Final answer:
To find the increase in the water temperature, the kinetic energy of the projectile is converted to thermal energy and then related to the specific heat capacity of water to calculate the temperature change, resulting in a small increase of approximately 0.05974°C.
Step-by-step explanation:
To determine the increase in water temperature when a 1.5 kg projectile traveling at 100 meters per second is completely stopped in water, we first calculate the kinetic energy of the projectile using the formula kinetic energy = (1/2) * mass * velocity2. Using a mass of 1.5 kg and a velocity of 100 m/s, we find that the kinetic energy is (1/2) * 1.5 kg * (100 m/s)2 = 7500 Joules.
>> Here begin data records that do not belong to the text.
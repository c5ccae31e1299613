//! Laws of the moments of calls: the functions do nothing, and their contracts are the laws.
ghost use Rattle.std.specs.Prelude.{◌≡◌, ◌⊎◌, ◌++◌, ℕ, List, take, None, Some};
ghost use Rattle.qq_base.specs.Causes.{Rose};
ghost use Rattle.qq_base.specs.declared.memory.Memory.{Memory};
ghost use Rattle.qq_base.specs.declared.memory.Memory.TheVariants.{Want};
ghost use Rattle.qq_disk.specs.declared.fault.DiskFault.TheVariants.{Failed, Memory as OfMemory};
ghost use Rattle.qq_disk.specs.declared.name.FileName.{FileName};
ghost use Rattle.qq_disk.specs.Disk.{Disk, append, sync, remove, contents, content, IsListed};
ghost use Rattle.qq_disk.specs.Moments.{IsAppending, IsSyncing, IsRemoving, StaysAtWant};
ghost use Rattle.qq_disk.specs.Fault.{IsCaused};
ghost use Rattle.qq_disk.specs.Crash.{Remains, IsImage};
ghost use Rattle.qq_disk.specs.Calls.{Call, apply, Spares};
ghost use Rattle.qq_disk_pins.specs.Images.{AddsFirstPart, KeepsOthers};
ghost use Rattle.qq_disk_pins.specs.Runs.{MayHold, MayHoldAfter, IsAfterSome};

/// While bytes are appended, the file may have each first part of them, and nothing else is changed.
pub fn an_append_adds_a_first_part()
    ensures each { (d : Disk) (file : FileName) (bytes : List ℕ) (count : ℕ) →
        IsAppending d file bytes (append d file (take count bytes)) }
    ensures none { (d : Disk) (file : FileName) (bytes : List ℕ) → IsAppending d file bytes d }
    ensures only { (d : Disk) (file : FileName) (bytes : List ℕ) (e : Disk) →
        IsAppending d file bytes e → AddsFirstPart d file bytes e }
{}

/// While a file is synced, the disk may be as before or as after, and reads the same.
///
/// `images`: each image of such a moment is an image of the disk as it was.
pub fn a_sync_changes_no_reading()
    ensures before { (d : Disk) (file : FileName) → IsSyncing d file d }
    ensures after { (d : Disk) (file : FileName) → IsSyncing d file (sync d file) }
    ensures reads { (d : Disk) (file other : FileName) (e : Disk) →
        IsSyncing d file e → contents e other ≡ contents d other }
    ensures images { (d : Disk) (file : FileName) (e : Disk) (i : Remains) →
        IsSyncing d file e → IsImage e i → IsImage d i }
{}

/// While a file is removed, the disk may be as before or as after: the file is there as it was, or it
/// isn't there, and all others stay.
pub fn a_removal_takes_one_file()
    ensures before { (d : Disk) (file : FileName) → IsRemoving d file d }
    ensures after { (d : Disk) (file : FileName) → IsRemoving d file (remove d file) }
    ensures reads { (d : Disk) (file : FileName) (e : Disk) → IsRemoving d file e →
        (contents e file ≡ None) ⊎ (contents e file ≡ contents d file) }
    ensures others { (d : Disk) (file : FileName) (e : Disk) →
        IsRemoving d file e → KeepsOthers file d e }
{}

/// What a fault tells.
///
/// - `stays`: where there was no memory, the disk did nothing.
/// - `memory`: no other want of memory is told than that there is none.
/// - `failed`: a disk that failed has counted it.
pub fn out_of_memory_changes_nothing()
    ensures stays { (old new : List Disk) (memory : Memory) →
        StaysAtWant old new (OfMemory memory) → new ≡ old }
    ensures memory { (before now : ℕ) (memory : Memory) →
        IsCaused before now (OfMemory memory) → memory ≡ Want }
    ensures failed { (before now : ℕ) → IsCaused before now Failed → Rose before now }
{}

/// A bridge from the clauses of a disk's calls to calls in a row.
///
/// - `ok`: what a call makes of the disk is what the disk may hold in it.
/// - `each`: what a disk may hold after calls of which any failed is what other calls make of it that
///   don't fail. They remove no file that the first ones spare.
pub fn calls_that_fail_are_calls()
    ensures ok { (d : Disk) (call : Call) → MayHold d call (apply d call) }
    ensures each { (d : Disk) (calls : List Call) (e : Disk) →
        MayHoldAfter d calls e → IsAfterSome d calls e }
{}

/// What a sync has kept stands at the front of the file in every image, whatever is called from then on,
/// and whichever of these calls fail, as long as the file isn't removed.
pub fn synced_bytes_stay_whatever_fails()
    ensures { (d : Disk) (file : FileName) (calls : List Call) (e : Disk) (i : Remains) →
        IsListed d file → Spares file calls → MayHoldAfter (sync d file) calls e → IsImage e i →
        (more : List ℕ) × (i file ≡ Some (content d file ++ more)) }
{}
Next, to find out how much this energy will heat the water, we use the specific heat capacity of water. Since the specific heat of water is given as 1 calorie per gram per degree Celsius, we first convert 30 kg of water to grams, which is 30,000 grams, and then convert the kinetic energy from Joules to calories (1 calorie = 4.184 Joules). Therefore, 7500 Joules is equivalent to approximately 1792.22 calories.
Now we use the specific heat formula, ΔT = Q / (m * c), where ΔT is the temperature change, Q is the heat energy, m is the mass, and c is the specific heat capacity. Plugging in the values, we get ΔT = 1792.22 cal / (30,000 g * 1 cal/g°C) = 0.05974°C as the increase in temperature of the water.